*** Extracted information Section Begins ***

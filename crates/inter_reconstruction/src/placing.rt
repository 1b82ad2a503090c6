//! Placing: a macroblock's bytes go to the planes of a picture, each to the place that prediction forms it for.
ghost use Rattle.std.specs.Prelude.{◌≡◌, length};
ghost use Rattle.std.specs.Result.{result_err};
ghost use Rattle.combine_predictions.specs.Refusals.{answered, unless_refused};
ghost use Rattle.inter_reconstruction.specs.Components.{ColourComponent, columns_of, lines_of};
ghost use Rattle.inter_reconstruction.specs.Frames.{samples_of, lengths_of};
ghost use Rattle.inter_reconstruction.specs.Placing.{place_at, stored, placed, whole_side, well_formed, cell_inside, picture_fits, placing_number, placing_refusal};
ghost use Rattle.inter_reconstruction.specs.inner.Placing.{Room, Placeable};

use crate::area::{Area, Cell};
use crate::frames::{FrameGeometry, FrameSides, macroblock_bytes};
use crate::macroblock::planes_fit;
use crate::samples::copy_samples;
use forming_predictions::{LARGEST_SIDE, PlaneSides};
use pmv::kinds::ChromaFormat;

/// Why a macroblock is not placed. Each reason has its number of docs/SCOPE.md.
#[derive(Clone, Copy, Debug, PartialEq, Eq)]
pub enum PlacingRefusal {
    /// A side is over 16,384, or a plane has another number of samples than its sides say.
    OutsideDomain = 14,
    /// There are more or fewer bytes than a macroblock has.
    WrongLength = 18,
    /// The picture is ill-formed, or the cell outside it.
    IllFormed = 20,
}

impl From<PlacingRefusal> for u32 {
    ghost from_gives = { λ refusal number. number ≡ placing_number refusal };

    fn from(refusal: PlacingRefusal) -> u32 {
        refusal as u32
    }
}

/// Writes a block to a plane of `width` columns, row after row.
fn place_block(block: &[u8], at: Area, width: usize, plane: &mut [u8])
    requires { Room at.x at.y at.width at.height width (length plane.old) (length block.now) }
    ensures { plane.new ≡ stored (place_at width at.width at.x at.y) block.now plane.old }
{
    for r in 0..at.height {
        let a = r * at.width;
        let b = a + at.width;
        let o = (at.y + r) * width + at.x;
        let e = o + at.width;
        copy_samples(&block[a..b], &mut plane[o..e]);
    }
}

/// All three components.
fn place_planes(
    picture: FrameSides,
    mb_col: usize,
    mb_row: usize,
    bytes: &[u8],
    y: &mut [u8],
    cb: &mut [u8],
    cr: &mut [u8],
)
    requires { Placeable picture (lengths_of (samples_of y.old cb.old cr.old)) (length bytes.now) mb_col mb_row }
    ensures { samples_of y.new cb.new cr.new ≡ placed picture mb_col mb_row bytes.now (samples_of y.old cb.old cr.old) }
{
    let cell = Cell { mb_col, mb_row };
    let chroma_at = cell.chroma(picture.geometry.chroma_format);
    let a = 256 + chroma_at.bytes();
    let e = bytes.len();
    place_block(&bytes[0..256], cell.luma(), picture.y.width, y);
    place_block(&bytes[256..a], chroma_at, picture.cb.width, cb);
    place_block(&bytes[a..e], chroma_at, picture.cr.width, cr);
}

/// No side is over 16,384, and each plane has as many samples as its sides say.
#[tactic(auto, unfolding(crate::specs::Placing::picture_fits))]
fn picture_fits(picture: FrameSides, y: &[u8], cb: &[u8], cr: &[u8]) -> bool
    ensures { result ≡ picture_fits picture (lengths_of (samples_of y.now cb.now cr.now)) }
{
    let g = picture.geometry;
    ((g.width <= LARGEST_SIDE) & (g.height <= LARGEST_SIDE)) & planes_fit(picture, y, cb, cr)
}

/// A side of a picture is a multiple of 16, and not 0.
fn whole_side(side: usize) -> bool
    ensures { result ≡ whole_side side }
{
    (side != 0) & (side % 16 == 0)
}

/// The sides of a chrominance plane that fits the picture's sides and format.
fn chroma_sides(g: FrameGeometry) -> PlaneSides
    ensures { (result.width ≡ columns_of g.chroma_format ColourComponent.cb g.width) × (result.height ≡ lines_of g.chroma_format ColourComponent.cb g.height) }
{
    let f = g.chroma_format;
    match f {
        ChromaFormat::Yuv420 => PlaneSides {
            width: g.width / 2,
            height: g.height / 2,
        },
        ChromaFormat::Yuv422 => PlaneSides {
            width: g.width / 2,
            height: g.height,
        },
        ChromaFormat::Yuv444 => PlaneSides {
            width: g.width,
            height: g.height,
        },
    }
}

/// The picture's sides are whole, and its planes fit them.
#[tactic(auto, unfolding(crate::specs::Placing::well_formed))]
fn well_formed(picture: FrameSides) -> bool
    ensures { result ≡ well_formed picture }
{
    let g = picture.geometry;
    let luma = PlaneSides {
        width: g.width,
        height: g.height,
    };
    let chroma = chroma_sides(g);
    (whole_side(g.width) & whole_side(g.height))
        & ((picture.y == luma) & ((picture.cb == chroma) & (picture.cr == chroma)))
}

fn cell_inside(g: FrameGeometry, mb_col: usize, mb_row: usize) -> bool
    ensures { result ≡ cell_inside g mb_col mb_row }
{
    (mb_col < g.width / 16) & (mb_row < g.height / 16)
}

/// 14, then 20, then 18.
fn check_placing(
    picture: FrameSides,
    mb_col: usize,
    mb_row: usize,
    bytes: usize,
    y: &[u8],
    cb: &[u8],
    cr: &[u8],
) -> Result<(), PlacingRefusal>
    ensures { result ≡ answered (placing_refusal picture (lengths_of (samples_of y.now cb.now cr.now)) bytes mb_col mb_row) tt }
{
    if !picture_fits(picture, y, cb, cr) {
        return Err(PlacingRefusal::OutsideDomain);
    }
    let geometry = picture.geometry;
    if !(well_formed(picture) & cell_inside(geometry, mb_col, mb_row)) {
        return Err(PlacingRefusal::IllFormed);
    }
    if bytes != macroblock_bytes(geometry.chroma_format) {
        return Err(PlacingRefusal::WrongLength);
    }
    Ok(())
}

/// Writes a macroblock's bytes, luminance, then Cb, then Cr, to the cell of a picture's planes in column `mb_col` and row `mb_row` of its
/// macroblocks. Nothing is written by a refusal: of a side over 16,384 or a plane with another number of samples than its sides say (14), of an
/// ill-formed picture or a cell outside it (20), of another number of bytes than a macroblock has (18). The picture's sides and its three
/// planes are four parameters, since the planes are lent to be written.
pub fn place_macroblock(
    picture: FrameSides,
    mb_col: usize,
    mb_row: usize,
    bytes: &[u8],
    y: &mut [u8],
    cb: &mut [u8],
    cr: &mut [u8],
) -> Result<(), PlacingRefusal>
    ensures answer { result ≡ answered (placing_refusal picture (lengths_of (samples_of y.old cb.old cr.old)) (length bytes.now) mb_col mb_row) tt }
    ensures planes { samples_of y.new cb.new cr.new ≡ unless_refused (result_err result) (placed picture mb_col mb_row bytes.now (samples_of y.old cb.old cr.old)) (samples_of y.old cb.old cr.old) }
{
    check_placing(picture, mb_col, mb_row, bytes.len(), y, cb, cr)?;
    place_planes(picture, mb_col, mb_row, bytes, y, cb, cr);
    Ok(())
}
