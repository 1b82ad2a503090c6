//! Frames as the calls see them.
ghost use Rattle.std.specs.Prelude.{◌≡◌};
ghost use Rattle.inter_reconstruction.specs.Components.{block_width, block_height, macroblock_bytes, cb};
ghost use Rattle.inter_reconstruction.specs.Frames.{sides_of};

use forming_predictions::{BlockSize, PlaneSides, ReferencePlane};
use pmv::kinds::ChromaFormat;

/// What a frame declares.
#[derive(Clone, Copy, Debug, PartialEq, Eq)]
pub struct FrameGeometry {
    pub width: usize,
    pub height: usize,
    pub chroma_format: ChromaFormat,
}

/// A frame without its samples: what it declares, and the sides that its planes have.
#[derive(Clone, Copy, Debug, PartialEq, Eq)]
pub struct FrameSides {
    pub geometry: FrameGeometry,
    pub y: PlaneSides,
    pub cb: PlaneSides,
    pub cr: PlaneSides,
}

/// A frame that is read: what it declares, and its planes.
#[derive(Clone, Copy, Debug, PartialEq, Eq)]
pub struct FrameBuffer<'a> {
    pub geometry: FrameGeometry,
    pub y: ReferencePlane<'a>,
    pub cb: ReferencePlane<'a>,
    pub cr: ReferencePlane<'a>,
}

impl<'a> FrameBuffer<'a> {
    /// The frame without its samples.
    pub fn sides(self) -> FrameSides
        ensures { result ≡ sides_of self.entry }
    {
        FrameSides {
            geometry: self.geometry,
            y: self.y.sides,
            cb: self.cb.sides,
            cr: self.cr.sides,
        }
    }
}

/// How many bytes a macroblock has.
pub(crate) fn macroblock_bytes(chroma_format: ChromaFormat) -> usize
    ensures { result ≡ macroblock_bytes chroma_format }
{
    let size = chroma_mb_extent(chroma_format);
    let n = size.width * size.height;
    256 + (n + n)
}

/// The sides of a macroblock's part in a chrominance plane.
pub fn chroma_mb_extent(chroma_format: ChromaFormat) -> BlockSize
    ensures { (result.width ≡ block_width chroma_format cb) × (result.height ≡ block_height chroma_format cb) }
{
    match chroma_format {
        ChromaFormat::Yuv420 => BlockSize {
            width: 8,
            height: 8,
        },
        ChromaFormat::Yuv422 => BlockSize {
            width: 8,
            height: 16,
        },
        ChromaFormat::Yuv444 => BlockSize {
            width: 16,
            height: 16,
        },
    }
}
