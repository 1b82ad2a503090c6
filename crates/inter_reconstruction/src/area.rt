//! Where a macroblock's parts lie in their planes: for prediction and for placing.
ghost use Rattle.std.specs.Prelude.{◌≡◌, ◌*◌, ◌≤◌};
ghost use Rattle.inter_reconstruction.specs.Components.{luma, cb};
ghost use Rattle.inter_reconstruction.specs.inner.Blocks.{AreaFits};

use crate::frames::chroma_mb_extent;
use forming_predictions::BlockSize;
use pmv::kinds::ChromaFormat;

/// The place of a macroblock among those of a picture: its column and its row are 0 to 1,023. Until that is tested they are two numbers, as
/// the calls take them.
#[derive(Clone, Copy)]
pub(crate) struct Cell {
    pub(crate) mb_col: usize,
    pub(crate) mb_row: usize,
    ghost near: { (mb_col ≤ 1023) × (mb_row ≤ 1023) },
}

/// A block's place in a plane, and its sides. `y` and `height` count rows, or the lines of a field.
#[derive(Clone, Copy)]
pub(crate) struct Area {
    pub(crate) x: usize,
    pub(crate) y: usize,
    pub(crate) width: usize,
    pub(crate) height: usize,
    ghost fits: { AreaFits x y width height },
}

impl Area {
    /// How many samples it has.
    pub(crate) fn bytes(self) -> usize
        ensures { result ≡ self.width * self.height }
    {
        self.width * self.height
    }

    /// Its sides.
    pub(crate) fn size(self) -> BlockSize
        ensures { (result.width ≡ self.width) × (result.height ≡ self.height) }
    {
        BlockSize {
            width: self.width,
            height: self.height,
        }
    }
}

impl Cell {
    ghost use Rattle.inter_reconstruction.specs.inner.Areas.{PartAt};

    /// The luminance's part.
    pub(crate) fn luma(self) -> Area
        ensures { (f : _) → PartAt f luma self.mb_col self.mb_row result }
    {
        Area {
            x: self.mb_col * 16,
            y: self.mb_row * 16,
            width: 16,
            height: 16,
        }
    }

    /// Cb's part, and Cr's.
    pub(crate) fn chroma(self, chroma_format: ChromaFormat) -> Area
        ensures { PartAt chroma_format cb self.mb_col self.mb_row result }
    {
        let size = chroma_mb_extent(chroma_format);
        Area {
            x: self.mb_col * size.width,
            y: self.mb_row * size.height,
            width: size.width,
            height: size.height,
        }
    }
}
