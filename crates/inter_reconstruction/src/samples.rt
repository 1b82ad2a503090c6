//! Copying samples.
ghost use Rattle.std.specs.Prelude.{◌≡◌, cond, eqb, length};

/// Copies all samples to an output of their length. Where it has another, nothing is written. A loop, since a row of eight is then one load and
/// one store: by `copy_from_slice` a field-based macroblock took 285 instructions more.
pub fn copy_samples(from: &[u8], out: &mut [u8])
    ensures { out.new ≡ cond (eqb (length out.old) (length from.now)) from.now out.old }
{
    if out.len() != from.len() {
        return;
    }
    for k in 0..out.len() {
        out[k] = from[k];
    }
}
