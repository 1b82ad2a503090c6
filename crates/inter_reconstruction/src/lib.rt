//! ISO/IEC 13818-2, 7.6.4 to 7.6.7: the prediction of a macroblock of a frame picture, frame-based and field-based, from one reference frame or
//! two.
#![tactic(auto)]

/// Frames, and the sides of a macroblock's part in each of their planes.
pub mod frames;
/// The motion of a macroblock, and which directions it is predicted from.
pub mod motion;
/// Where a macroblock's parts lie.
mod area;
/// The block of one component.
mod blocks;
/// The three components of a macroblock.
mod components;
/// The prediction of a macroblock: the calls, with all that they refuse.
pub mod macroblock;
/// Copies of samples.
mod samples;
/// Placing a macroblock in a picture.
pub mod placing;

*** Extracted information Section Ends ***

### Directions for this task:
Collect the lines of the records that include the string "inner".

### Written solution:
ghost use Rattle.inter_reconstruction.specs.inner.Placing.{Room, Placeable};
ghost use Rattle.inter_reconstruction.specs.inner.Blocks.{AreaFits};
    ghost use Rattle.inter_reconstruction.specs.inner.Areas.{PartAt};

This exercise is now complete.